II-ESASIN İNCELENMESİ: Raportör-Hakim İsmail SARI’nın, davanın çözümünde adli yargının görevli olduğu yolundaki raporu ile dosyadaki belgeler okunduktan; ilgili Başsavcılarca görevlendirilen Yargıtay Cumhuriyet Savcısı Uğurtan ALTUN’un davada adli yargının, Danıştay Savcısı Yakup BAL’ın ise davada idari yargının görevli olduğu yolundaki sözlü açıklamaları da dinlendikten sonra GEREĞİ GÖRÜŞÜLÜP DÜŞÜNÜLDÜ:

Davanın, trafik kazası nedeniyle araçta meydana gelen maddi zararın rücuen tazmini istemiyle açıldığı anlaşılmaktadır.

2918 sayılı Karayolları Trafik Kanununun 1.maddesinde, Kanunun amacının karayollarında can ve mal güvenliği yönünden trafik düzenini sağlayacak ve trafik güvenliğini ilgilendiren tüm konularda alınacak önlemleri belirlemek olduğu; “Kapsam” başlıklı 2. maddesinde, bu Kanunun trafikle ilgili kuralları, şartları, hak ve yükümlülükleri bunların uygulamasını ve denetlenmesini ilgili kuruluşları ve bunların görev, yetki ve sorumluluk, çalışma usulleri ile diğer hükümleri kapsadığı ve bu kanunun karayollarında uygulanacağı; 10. maddesinde, yapım ve bakımdan sorumlu olduğu yolları trafik düzeni ve güvenliğini sağlayacak durumda bulundurmanın gerekli görülen kavşaklara ve yerlere trafik ışıklı işaretleri, işaret levhaları koymak ve yer işaretlemeleri yapmanın Belediye Trafik birimlerinin görev ve yetkileri arasında olduğu belirtilmiştir.

Öte yandan 2918 sayılı Yasanın 19.01.2011 günlü Resmi Gazetede yayımlanarak yürürlüğe giren 6099 sayılı Yasanın 14. maddesiyle değişik 110. maddesinde “İşleteni veya sahibi Devlet ve diğer kamu kuruluşları olan araçların sebebiyet verdiği zararlara ilişkin olanları dahil, bu Kanundan doğan sorumluluk davaları, adli yargıda görülür.

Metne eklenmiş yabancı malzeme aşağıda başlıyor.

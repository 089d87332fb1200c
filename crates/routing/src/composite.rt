//! Parts of composite metadata.

ghost use Rattle.std.specs.Prelude.{◌≡◌, ◌++◌, ◌<◌, ◌^◌, ◌+◌, ◌-◌, ℕ, List, [], ◌∷◌, length, take, IfErr, IfOk, OnErr, OnOk};
ghost use Rattle.rs_frame.specs.Spelling.{counted_bytes};
ghost use Rattle.routing.specs.Metadata.{HasRead, IsCompositeFault, IsPartFault, NameFits, PartFits, PartsFit, SpellsComposite, composite_bytes, name_bytes, name_length, part_bytes};

use crate::cutting::{counted_u24, cut};
use crate::fault::MetaFault;
use byteorder::{BigEndian, ByteOrder};
use rs_wire::{Blob, OutOfMemory};
use std::alloc::Global;
use std::marker::Model;

/// The name of what the content of a part is.
#[derive(Debug, Drop, PartialEq, Eq)]
pub enum MimeName {
    /// A well-known MIME type, by its number of seven bits.
    Known(u8),
    /// The text of a MIME type, of 1 to 128 bytes.
    Named(Blob),
}

/// A part of composite metadata.
#[derive(Debug, Drop, PartialEq, Eq)]
pub struct Part {
    /// What the content is.
    pub mime: MimeName,
    /// The content, of at most 16,777,215 bytes.
    pub content: Blob,
}

/// Parts in their order. Contracts see the list of them.
#[derive(Debug, Drop)]
pub struct Parts {
    parts: Vec<Part>,
}

impl Model for Parts {
    ghost use Rattle.std.specs.Prelude.{List};
    ghost use Rattle.routing.specs.declared.composite.Part.{Part};

    ghost Value = { List Part };

    ghost view = { λ p. p.parts.items };
}

impl Parts {
    /// These parts.
    pub fn from_vec(parts: Vec<Part>) -> Parts
        ensures { result ≡ parts.items }
    {
        Parts { parts }
    }

    /// The parts.
    pub fn as_slice(&self) -> &[Part]
        ensures { result.now ≡ self.now }
    {
        self.parts.as_slice()
    }

    /// The parts, which are given back.
    pub fn into_vec(self) -> Vec<Part>
        ensures { result.items ≡ self }
    {
        self.parts
    }
}

// A part at the front of bytes: its name, its content, and what follows it.
#[derive(Clone, Copy)]
struct PartRef<'a> {
    name: &'a [u8],
    content: &'a [u8],
    after: &'a [u8],
}

/// Reads the parts of composite metadata.
pub fn read_composite(alloc: Global, bytes: &[u8]) -> Result<Parts, MetaFault>
    ensures found { IfOk result (λ parts. SpellsComposite parts bytes.now) }
    ensures fault { IfErr result (IsCompositeFault bytes.now) }
{
    let mut parts = Vec::new(alloc);
    let mut rest = bytes;
    while !rest.is_empty() {
        let place = (bytes.len() - rest.len()) as u64;
        rest = read_part(alloc, rest, place, &mut parts)?;
    }
    Ok(Parts { parts })
}

// Reads the part at the front of the bytes, which stands at this place, and gives what follows it.
fn read_part<'a>(
    alloc: Global,
    bytes: &'a [u8],
    place: u64,
    parts: &mut Vec<Part>,
) -> Result<&'a [u8], MetaFault>
    requires { 0 < length bytes.now }
    ensures read { IfOk result (λ after. (all : List ℕ) →
        HasRead all bytes.now parts.old.items → HasRead all after.now parts.new.items) }
    ensures shorter { IfOk result (λ after. length after.now < length bytes.now) }
    ensures fault { IfErr result (IsPartFault bytes.now place) }
    ensures err { OnErr result (parts.new.items ≡ parts.old.items) }
{
    let found = first_part(bytes, place)?;
    let part = part_of(alloc, found.name, found.content)?;
    parts.push(part)?;
    Ok(found.after)
}

// The part at the front of the bytes, which stands at this place.
fn first_part(bytes: &[u8], place: u64) -> Result<PartRef<'_>, MetaFault>
    requires { 0 < length bytes.now }
    ensures found { IfOk result (λ p. (length p.name.now ≡ name_length bytes.now) ×
        (name_length p.name.now ≡ name_length bytes.now) × (length p.content.now < 2 ^ 24) ×
        (bytes.now ≡ p.name.now ++ (counted_bytes 3 p.content.now ++ p.after.now))) }
    ensures fault { IfErr result (IsPartFault bytes.now place) }
{
    let Some((name, rest)) = cut(name_len(bytes[0]), bytes) else {
        return Err(MetaFault::ShortEntry(place));
    };
    if rest.len() < 3 {
        return Err(MetaFault::ShortEntry(place));
    }
    let Some((content, after)) = counted_u24(rest) else {
        return Err(MetaFault::ShortContent(place));
    };
    Ok(PartRef {
        name,
        content,
        after,
    })
}

// How many bytes a name with this first byte has.
fn name_len(first: u8) -> usize
    ensures { result ≡ name_length (first ∷ []) }
{
    if first < 128 { first as usize + 2 } else { 1 }
}

// The part of this name and this content.
fn part_of(alloc: Global, name: &[u8], content: &[u8]) -> Result<Part, OutOfMemory>
    requires named { length name.now ≡ name_length name.now }
    requires fits { length content.now < 2 ^ 24 }
    ensures { IfOk result (λ p. PartFits p ×
        (part_bytes p ≡ name.now ++ counted_bytes 3 content.now)) }
{
    let mime = name_of(alloc, name)?;
    let content = Blob::from_slice(alloc, content)?;
    Ok(Part { mime, content })
}

// The name that these bytes spell.
fn name_of(alloc: Global, name: &[u8]) -> Result<MimeName, OutOfMemory>
    requires { length name.now ≡ name_length name.now }
    ensures { IfOk result (λ n. NameFits n × (name_bytes n ≡ name.now)) }
{
    match name {
        [first, text @ ..] if *first < 128 => Ok(MimeName::Named(Blob::from_slice(alloc, text)?)),
        [first, ..] => Ok(MimeName::Known(*first - 128)),
        [] => Err(OutOfMemory),
    }
}

/// Appends the bytes of parts: each known number is below 128, each text has 1 to 128 bytes and each
/// content at most 16,777,215. Where memory runs out nothing is appended.
pub fn write_composite(parts: &Parts, out: &mut Vec<u8>) -> Result<(), OutOfMemory>
    requires { PartsFit parts.now }
    ensures ok { OnOk result (out.new.items ≡ out.old.items ++ composite_bytes parts.now) }
    ensures err { OnErr result (out.new.items ≡ out.old.items) }
{
    let start = out.len();
    let done = write_parts(&parts.parts, out);
    if done.is_err() {
        out.truncate(start);
    }
    done
}

// Appends the bytes of the parts. Where memory runs out those of some may stand.
#[tactic(auto, using(std::proofs::lemmas::List::take_at))]
fn write_parts(parts: &[Part], out: &mut Vec<u8>) -> Result<(), OutOfMemory>
    requires { PartsFit parts.now }
    ensures ok { OnOk result (out.new.items ≡ out.old.items ++ composite_bytes parts.now) }
    ensures err { OnErr result (take (length out.old.items) out.new.items ≡ out.old.items) }
{
    for part in parts {
        write_part(part, out)?;
    }
    Ok(())
}

fn write_part(part: &Part, out: &mut Vec<u8>) -> Result<(), OutOfMemory>
    requires { PartFits part.now }
    ensures ok { OnOk result (out.new.items ≡ out.old.items ++ part_bytes part.now) }
    ensures err { OnErr result (take (length out.old.items) out.new.items ≡ out.old.items) }
{
    write_name(&part.mime, out)?;
    let mut length = [0u8; 3];
    BigEndian::write_u24(&mut length, part.content.len() as u32);
    out.extend_from_slice(&length)?;
    out.extend_from_slice(part.content.as_slice())?;
    Ok(())
}

fn write_name(name: &MimeName, out: &mut Vec<u8>) -> Result<(), OutOfMemory>
    requires { NameFits name.now }
    ensures ok { OnOk result (out.new.items ≡ out.old.items ++ name_bytes name.now) }
    ensures err { OnErr result (take (length out.old.items) out.new.items ≡ out.old.items) }
{
    match name {
        MimeName::Known(id) => out.push(128 + *id)?,
        MimeName::Named(text) => {
            out.push((text.len() - 1) as u8)?;
            out.extend_from_slice(text.as_slice())?;
        }
    }
    Ok(())
}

Zarar görenin kamu görevlisi olması, bu fıkra hükmünün uygulanmasını önlemez. Hemzemin geçitte meydana gelen tren-trafik kazalarında da bu Kanun hükümleri uygulanır.

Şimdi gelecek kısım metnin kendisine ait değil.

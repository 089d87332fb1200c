//! How the end of a run is told.

ghost use Rattle.std.specs.Prelude.{◌≡◌, ◌⊎◌};
ghost use Rattle.rsocket_output.specs.Written.{CutOff, Writes, WritesLine, memory_line};

use crate::writing::write_all;
use outside::Sink;

/// The status of a run whose output could not be written.
const WRITE_FAULT: u8 = 5;

/// Writes the last of a run that ends with this status, which is 5 where it can't be written.
pub fn say<O: Sink>(output: &mut O, text: &[u8], status: u8) -> u8
    ensures { ((result ≡ status) × Writes text.now (O.shown output.old) (O.shown output.new)) ⊎
        ((result ≡ 5) × CutOff text.now (O.shown output.old) (O.shown output.new)) }
{
    match write_all(output, text) {
        Ok(()) => status,
        Err(_) => WRITE_FAULT,
    }
}

/// Writes the last line of a run that ends with this status also where it can't be written.
pub fn insist<O: Sink>(output: &mut O, line: &[u8], status: u8) -> u8
    ensures status { result ≡ status }
    ensures line { WritesLine line.now (O.shown output.old) (O.shown output.new) }
{
    let _ = write_all(output, line);
    status
}

/// Ends a run whose memory ran out. The status is 6.
pub fn tell_out_of_memory<O: Sink>(output: &mut O) -> u8
    ensures status { result ≡ 6 }
    ensures line { WritesLine memory_line (O.shown output.old) (O.shown output.new) }
{
    insist(output, b"rsocket: out of memory\n", 6)
}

Motorlu araç kazalarından dolayı hukuki sorumluluğa ilişkin davalar, sigortacının merkez veya şubesinin veya sigorta sözleşmesini yapan acentenin bulunduğu yer mahkemelerinden birinde açılabileceği gibi kazanın vuku bulduğu yer mahkemesinde de açılabilir”; Geçici 21. maddesinde de “Bu Kanunun 110 uncu maddesinin birinci fıkrasının göreve ilişkin hükmü, yürürlüğe girdiği tarihten önce idari yargıda ve Askeri Yüksek İdare Mahkemesinde açılmış bulunan davalara uygulanmaz” denilmiştir.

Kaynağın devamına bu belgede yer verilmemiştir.